Complex regional pain syndrome type-I (CRPS-I) causes excruciating pain that affect patients’ life quality. However, the mechanisms underlying CRPS-I are incompletely understood, which hampers the development of target specific therapeutics.

Methods

The mouse chronic post-ischemic pain (CPIP) model was established to mimic CRPS-I. qPCR, Western blot, immunostaining, behavioral assay and pharmacological methods were used to study mechanisms underlying neuroinflammation and chronic pain in spinal cord dorsal horn (SCDH) of CPIP mice.

Results

CPIP mice developed robust and long-lasting mechanical allodynia in bilateral hindpaws. The expression of inflammatory chemokine CXCL13 and its receptor CXCR5 was significantly upregulated in ipsilateral SCDH of CPIP mice. Immunostaining revealed CXCL13 and CXCR5 was predominantly expressed in spinal neurons. Neutralization of spinal CXCL13 or genetic deletion of Cxcr5 (Cxcr5−/−) significantly reduced mechanical allodynia, as well as spinal glial cell overactivation and c-Fos activation in SCDH of CPIP mice. Mechanical pain causes affective disorder in CPIP mice, which was attenuated in Cxcr5−/− mice. Phosphorylated STAT3 co-expressed with CXCL13 in SCDH neurons and contributed to CXCL13 upregulation and mechanical allodynia in CPIP mice.

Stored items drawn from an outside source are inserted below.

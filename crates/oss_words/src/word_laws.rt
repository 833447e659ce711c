//! What each step keeps of the words alone, for a table whose seats are told in another way: laws, each carried
//! by a function that does nothing.

ghost use Rattle.oss_words.specs.WordLaws.{WordBeginsKeep, WordBegunGivesKeep, WordDeliveriesKeep, WordFillsKeep, WordGivesKeep};
ghost use Rattle.oss_words.specs.WordLaws.{WordJoinedBegunGivesKeep, WordJoinedGivesKeep, WordLastLinksKeep, WordLeavesKeep, WordLinksKeep};
ghost use Rattle.oss_words.specs.WordLaws.{WordLooksKeep, WordNewSeatsKeep};

/// A delivery keeps the words.
pub fn word_deliveries_keep()
    ensures { WordDeliveriesKeep }
{}

/// A give of an entry with no children keeps the words.
pub fn word_gives_keep()
    ensures { WordGivesKeep }
{}

/// The first step of a give of an entry with children keeps the words.
pub fn word_begun_gives_keep()
    ensures { WordBegunGivesKeep }
{}

/// The link of the last child to the entry that was given up keeps the words.
pub fn word_last_links_keep()
    ensures { WordLastLinksKeep }
{}

/// The link of a new entry keeps the words.
pub fn word_links_keep()
    ensures { WordLinksKeep }
{}

/// A fill keeps the words.
pub fn word_fills_keep()
    ensures { WordFillsKeep }
{}

/// The words are kept where an entry begins a list of main's children.
pub fn word_begins_keep()
    ensures { WordBeginsKeep }
{}

/// A step that leaves what its seat holds keeps the words.
pub fn word_looks_keep()
    ensures { WordLooksKeep }
{}

/// A new seat, which holds nothing, keeps the words.
pub fn word_new_seats_keep()
    ensures { WordNewSeatsKeep }
{}

/// Where the value of a reduction is left, the words are kept.
pub fn word_leaves_keep()
    ensures { WordLeavesKeep }
{}

/// The give of a reduction that was joined, with no children, keeps the words.
pub fn word_joined_gives_keep()
    ensures { WordJoinedGivesKeep }
{}

/// The first step of the give of a reduction that was joined, with children, keeps the words.
pub fn word_joined_begun_gives_keep()
    ensures { WordJoinedBegunGivesKeep }
{}
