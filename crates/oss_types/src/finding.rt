//! What is found of an expression. Of the rules that it breaks only the first in the text counts, and of those
//! that one token breaks the first in the order of the rules.
ghost use Rattle.std.specs.Prelude.{◌≡◌, Option};
ghost use Rattle.oss_grammar.specs.Broken.{broken, first, rank, insert, where_so};
ghost use Rattle.oss_grammar.specs.Kinds.{Findings, all_of, allows, number_kind, value_kind, same_number, refused_here, placed, wanted_by, number_findings};
ghost use Rattle.oss_grammar.specs.Scopes.{or_else};
ghost use Rattle.oss_types.specs.Seen.{seen, earlier as earlier_of};

use oss_grammar::{Object, ValueKind, Wanted};
use oss_syntax::{Kind, NumKind, Refused, RefusedKind};

/// What the checker keeps of an expression: the line of its first token, the first rule that is broken at that
/// token and the first one behind it, its kind, and what it designates.
#[derive(Clone, Copy)]
pub struct Finding {
    pub line: u32,
    pub at_first: Option<Refused>,
    pub behind: Option<Refused>,
    pub kind: ValueKind,
    pub object: Object,
}

/// A rule of this kind is broken by a token on this line.
pub fn refused(kind: RefusedKind, line: u32) -> Refused
    ensures { result ≡ broken kind line }
{
    Refused {
        kind,
        line,
        token: 0,
    }
}

/// A rule of this kind on this line, where it is broken.
pub fn refused_if(is_broken: bool, kind: RefusedKind, line: u32) -> Option<Refused>
    ensures { result ≡ first (where_so is_broken kind line) }
{
    if is_broken {
        Some(refused(kind, line))
    } else {
        None
    }
}

/// The place of a rule among those that one token breaks.
fn place_in_table(kind: RefusedKind) -> u8
    ensures { result ≡ rank kind }
{
    match kind {
        RefusedKind::DuplicateName => 0,
        RefusedKind::UnknownName => 1,
        RefusedKind::WrongKind => 2,
        RefusedKind::WrongCount => 3,
        RefusedKind::BadJump => 4,
        RefusedKind::TooLarge => 5,
        RefusedKind::NoMain => 6,
        _ => 7,
    }
}

/// The earlier of two rules that one token breaks.
fn earlier(new: Refused, old: Option<Refused>) -> Option<Refused>
    ensures { result ≡ earlier_of new old }
{
    match old {
        None => Some(new),
        Some(old) => {
            if place_in_table(new.kind) < place_in_table(old.kind) {
                Some(new)
            } else {
                Some(old)
            }
        }
    }
}

/// The first broken rule of one part of the text and of the part behind it.
pub fn before(one: Option<Refused>, other: Option<Refused>) -> Option<Refused>
    ensures { result ≡ or_else one other }
{
    match one {
        Some(broken) => Some(broken),
        None => other,
    }
}

/// The first rule that an expression breaks.
#[tactic(auto, using(crate::proofs::Firsts::firsts))]
pub fn first_of(found: Finding) -> Option<Refused>
    ensures { (f : Findings) → found ≡ seen f → result ≡ first (all_of f) }
{
    before(found.at_first, found.behind)
}

/// The kind of a number of this type.
pub fn kind_of_number(kind: NumKind) -> ValueKind
    ensures { result ≡ number_kind kind }
{
    match kind {
        NumKind::Int => ValueKind::Signed,
        NumKind::Long => ValueKind::Signed,
        NumKind::Ulong => ValueKind::Unsigned,
    }
}

/// The kind of a variable's value.
pub fn kind_of(kind: Kind) -> ValueKind
    ensures { result ≡ value_kind kind }
{
    match kind {
        Kind::Num(number) => kind_of_number(number),
        Kind::Pointer(number) => ValueKind::Pointer(number),
        Kind::Nothing => ValueKind::Nothing,
    }
}

/// The values that a variable of this type takes.
pub fn taken_by(kind: Kind) -> Wanted
    ensures { result ≡ wanted_by kind }
{
    match kind {
        Kind::Num(_) => Wanted::Number,
        Kind::Pointer(number) => Wanted::PointerTo(number),
        Kind::Nothing => Wanted::Anything,
    }
}

/// Whether two types of numbers are one. A pointer to one is no pointer to another, even where both have 64 bits.
fn are_same(one: NumKind, other: NumKind) -> bool
    ensures { result ≡ same_number one other }
{
    match (one, other) {
        (NumKind::Int, NumKind::Int) => true,
        (NumKind::Long, NumKind::Long) => true,
        (NumKind::Ulong, NumKind::Ulong) => true,
        _ => false,
    }
}

/// Whether a value of this kind may stand at such a place.
fn may_stand(wanted: Wanted, kind: ValueKind) -> bool
    ensures { result ≡ allows wanted kind }
{
    match (wanted, kind) {
        (_, ValueKind::Unknown) => true,
        (Wanted::Number, ValueKind::Signed) => true,
        (Wanted::Number, ValueKind::Unsigned) => true,
        (Wanted::Pointer, ValueKind::Pointer(_)) => true,
        (Wanted::NumberOrPointer, ValueKind::Signed) => true,
        (Wanted::NumberOrPointer, ValueKind::Unsigned) => true,
        (Wanted::NumberOrPointer, ValueKind::Pointer(_)) => true,
        (Wanted::Indexed, ValueKind::Pointer(_)) => true,
        (Wanted::Indexed, ValueKind::Rows(_)) => true,
        (Wanted::PointerTo(one), ValueKind::Pointer(other)) => are_same(one, other),
        (Wanted::Anything, ValueKind::Rows(_)) => false,
        (Wanted::Anything, _) => true,
        _ => false,
    }
}

/// An expression whose first token breaks the rule on kinds.
#[tactic(auto, using(crate::proofs::Firsts::firsts))]
pub fn wrong(found: Finding) -> Finding
    ensures { (f : Findings) → found ≡ seen f → result ≡ seen (refused_here f) }
{
    Finding {
        line: found.line,
        at_first: earlier(refused(RefusedKind::WrongKind, found.line), found.at_first),
        behind: found.behind,
        kind: ValueKind::Unknown,
        object: found.object,
    }
}

/// An expression at a place.
#[tactic(auto, using(crate::proofs::Firsts::firsts))]
pub fn at_place(wanted: Wanted, found: Finding) -> Finding
    ensures { (f : Findings) → found ≡ seen f → result ≡ seen (placed wanted f) }
{
    if may_stand(wanted, found.kind) {
        found
    } else {
        wrong(found)
    }
}

/// A number.
pub(crate) fn number(unsigned: bool, line: u32) -> Finding
    ensures { result ≡ seen (number_findings unsigned line) }
{
    let kind = if unsigned {
        ValueKind::Unsigned
    } else {
        ValueKind::Signed
    };
    Finding {
        line,
        at_first: None,
        behind: None,
        kind,
        object: Object::ValueOnly,
    }
}
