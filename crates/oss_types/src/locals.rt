//! The locals in scope.
ghost use Rattle.std.specs.Prelude.{◌≡◌, ◌∷◌, ◌++◌, ◌≤◌, List, [], length, take, IfOk, OnErr, OnOk};
ghost use Rattle.std.specs.Str.{bytes_eq};
ghost use Rattle.oss_syntax.specs.declared.tree.program.Item.{Item};
ghost use Rattle.oss_grammar.specs.Scopes.{hidden_local, local_kind, is_local_again};
ghost use Rattle.oss_grammar.specs.StaticRules.{declare_all};
ghost use Rattle.oss_types.specs.Tables.{TellsKinds, kind_at};

use crate::table::NameTable;
use oss_syntax::{Kind, Local, NumKind};
use std::alloc::{AllocError, Global};
use std::marker::Model;

/// A local in scope: one of a text, or a hidden one of a task loop, which no text can name. Contracts see the local.
#[derive(Drop)]
struct Visible<'p> {
    local: Option<&'p Local>,
}

impl<'p> Model for Visible<'p> {
    ghost use Rattle.oss_syntax.specs.declared.tree.program.Local.{Local};
    ghost use Rattle.oss_syntax.specs.contracts.tree.program.Local as tree;
    ghost use Rattle.oss_types.specs.Tables.{local_of};

    ghost Value = { Local };

    ghost coded = { tree.the_row.coded };

    ghost view = { λ v. local_of v.local };
}

impl<'p> Visible<'p> {
    /// A local of a text.
    fn of(local: &'p Local) -> Visible<'p>
        ensures { result ≡ local.now }
    {
        Visible { local: Some(local) }
    }

    /// A local that a task loop has beside its variable. It takes a place as any other, but no text finds it.
    fn hidden() -> Visible<'p>
        ensures { result ≡ hidden_local }
    {
        Visible { local: None }
    }

    /// Whether the local has this name. A hidden one is named `$`, as no name of a text is.
    fn is_named(&self, name: &[u8]) -> bool
        ensures { result ≡ bytes_eq self.now.name name.now }
    {
        match self.local {
            Some(local) => local.name.as_slice() == name,
            None => b"$".as_slice() == name,
        }
    }

    /// The type of the local. A hidden one is a signed number of 64 bits.
    fn kind(&self) -> Kind
        ensures { result ≡ self.now.kind }
    {
        match self.local {
            Some(local) => local.kind,
            None => Kind::Num(NumKind::Long),
        }
    }
}

/// The locals in scope: contracts see their list, the last one declared at the end. Where they may be many they
/// have a table of their names.
pub struct Locals<'p> {
    locals: Vec<Visible<'p>>,
    names: Option<NameTable<'p>>,
}

// By hand, so that who lets one go calls this, and does not take it apart at each exit.
impl<'p> Drop for Locals<'p> {
    fn drop(self) {
        let Locals { locals, names } = self;
        drop(locals);
        drop(names);
    }
}

impl<'p> Model for Locals<'p> {
    ghost use Rattle.std.specs.Prelude.{IfSome, List};
    ghost use Rattle.oss_syntax.specs.declared.tree.program.Local.{Local};
    ghost use Rattle.std.specs.Coded.{coded_list};
    ghost use Rattle.oss_syntax.specs.contracts.tree.program.Local as local;

    ghost Value = { List Local };

    ghost coded = { coded_list local.the_row.coded };

    ghost use Rattle.oss_types.specs.Tables.{TellsKinds};

    ghost view = { λ l. l.locals.items };

    ghost invariant = { λ l. IfSome l.names (λ names. TellsKinds names l.locals.items) };
}

impl<'p> Locals<'p> {
    /// No locals, which takes no memory.
    pub fn none(alloc: Global) -> Locals<'p>
        ensures { result ≡ [] }
    {
        Locals {
            locals: Vec::new(alloc),
            names: None,
        }
    }

    /// The parameters of a function as they are in scope in its pragma, however many there are: of two of one
    /// name the first counts. Want of memory is the one error.
    pub fn parameters(alloc: Global, params: &'p [Local]) -> Result<Locals<'p>, AllocError>
        ensures { IfOk result (λ locals. (all : List Item) → locals ≡ (declare_all all 0 params.now []).locals) }
    {
        let mut names = NameTable::new(alloc);
        let mut locals = Locals::none(alloc);
        for param in params {
            if names.place(param.name.as_slice()).is_none() {
                names.add(param.name.as_slice())?;
                locals.add(param)?;
            }
        }
        Ok(locals.with_names(names))
    }

    /// The same locals with a table of their names.
    fn with_names(self, names: NameTable<'p>) -> Locals<'p>
        requires { TellsKinds names self }
        ensures { result ≡ self.entry }
    {
        let Locals { locals, names: _ } = self;
        Locals {
            locals,
            names: Some(names),
        }
    }

    /// How many locals there are.
    pub fn len(&self) -> usize
        ensures { result ≡ length self.now }
    {
        self.locals.len()
    }

    /// The type of the local that this name stands for; `None` where no local has it.
    pub fn kind(&self, name: &[u8]) -> Option<Kind>
        ensures { result ≡ local_kind self.now name.now }
    {
        match &self.names {
            Some(names) => kind_of_place(self.locals.as_slice(), names.place(name)),
            None => kind_among(self.locals.as_slice(), name),
        }
    }

    /// The type of the local that this name stands for where the first `count` locals alone are in scope.
    pub fn kind_outside(&self, count: usize, name: &[u8]) -> Option<Kind>
        ensures { result ≡ local_kind (take count self.now) name.now }
    {
        let locals = self.locals.as_slice();
        if locals.len() < count {
            return kind_among(locals, name);
        }
        let (outer, _) = locals.split_at(count);
        kind_among(outer, name)
    }

    /// Whether the innermost scope, whose locals begin at `start`, has a local of this name.
    pub fn has_since(&self, start: usize, name: &[u8]) -> bool
        ensures { result ≡ is_local_again start self.now name.now }
    {
        is_among(self.locals.as_slice(), start, name)
    }

    /// Adds a local. Where memory is wanting they stay.
    pub fn add(&mut self, local: &'p Local) -> Result<(), AllocError>
        ensures added { OnOk result (self.new ≡ self.old ++ local.now ∷ []) }
        ensures stays { OnErr result (self.new ≡ self.old) }
    {
        self.names = None;
        self.locals.push(Visible::of(local))?;
        Ok(())
    }

    /// Adds a local that no text can name. Where memory is wanting they stay.
    pub fn add_hidden(&mut self) -> Result<(), AllocError>
        ensures added { OnOk result (self.new ≡ self.old ++ hidden_local ∷ []) }
        ensures stays { OnErr result (self.new ≡ self.old) }
    {
        self.names = None;
        self.locals.push(Visible::hidden())?;
        Ok(())
    }

    /// Leaves a scope: the first `count` locals stay.
    pub fn leave(&mut self, count: usize)
        ensures { self.new ≡ take count self.old }
    {
        self.names = None;
        self.locals.truncate(count);
    }
}

/// The type of the last local of this name: it hides those before it.
fn kind_among(locals: &[Visible<'_>], name: &[u8]) -> Option<Kind>
    ensures { result ≡ local_kind locals.now name.now }
{
    let mut found = None;
    for local in locals {
        if local.is_named(name) {
            found = Some(local.kind());
        }
    }
    found
}

/// The type of the local at a place that a table has told.
fn kind_of_place(locals: &[Visible<'_>], place: Option<usize>) -> Option<Kind>
    ensures { result ≡ kind_at locals.now place }
{
    match place {
        Some(place) => match locals.get(place) {
            Some(local) => Some(local.kind()),
            None => None,
        },
        None => None,
    }
}

/// Whether a name is declared already in the scope that begins at `start`. In a scope around it the name may stand.
fn is_among(locals: &[Visible<'_>], start: usize, name: &[u8]) -> bool
    ensures { result ≡ is_local_again start locals.now name.now }
{
    if locals.len() < start {
        return false;
    }
    let (_, inner) = locals.split_at(start);
    for local in inner {
        if local.is_named(name) {
            return true;
        }
    }
    false
}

CXCR5 coupled with NF-κB signaling in SCDH neurons to trigger pro-inflammatory cytokine gene Il6 upregulation, contributing to mechanical allodynia. Intrathecal CXCL13 injection produced mechanical allodynia via CXCR5-dependent NF-κB activation. Specific overexpression of CXCL13 in SCDH neurons is sufficient to induce persistent mechanical allodynia in naïve mice.

Conclusions

These results demonstrated a previously unidentified role of CXCL13/CXCR5 signaling in mediating spinal neuroinflammation and mechanical pain in an animal model of CRPS-I. Our work suggests that targeting CXCL13/CXCR5 pathway may lead to novel therapeutic approaches for CRPS-I.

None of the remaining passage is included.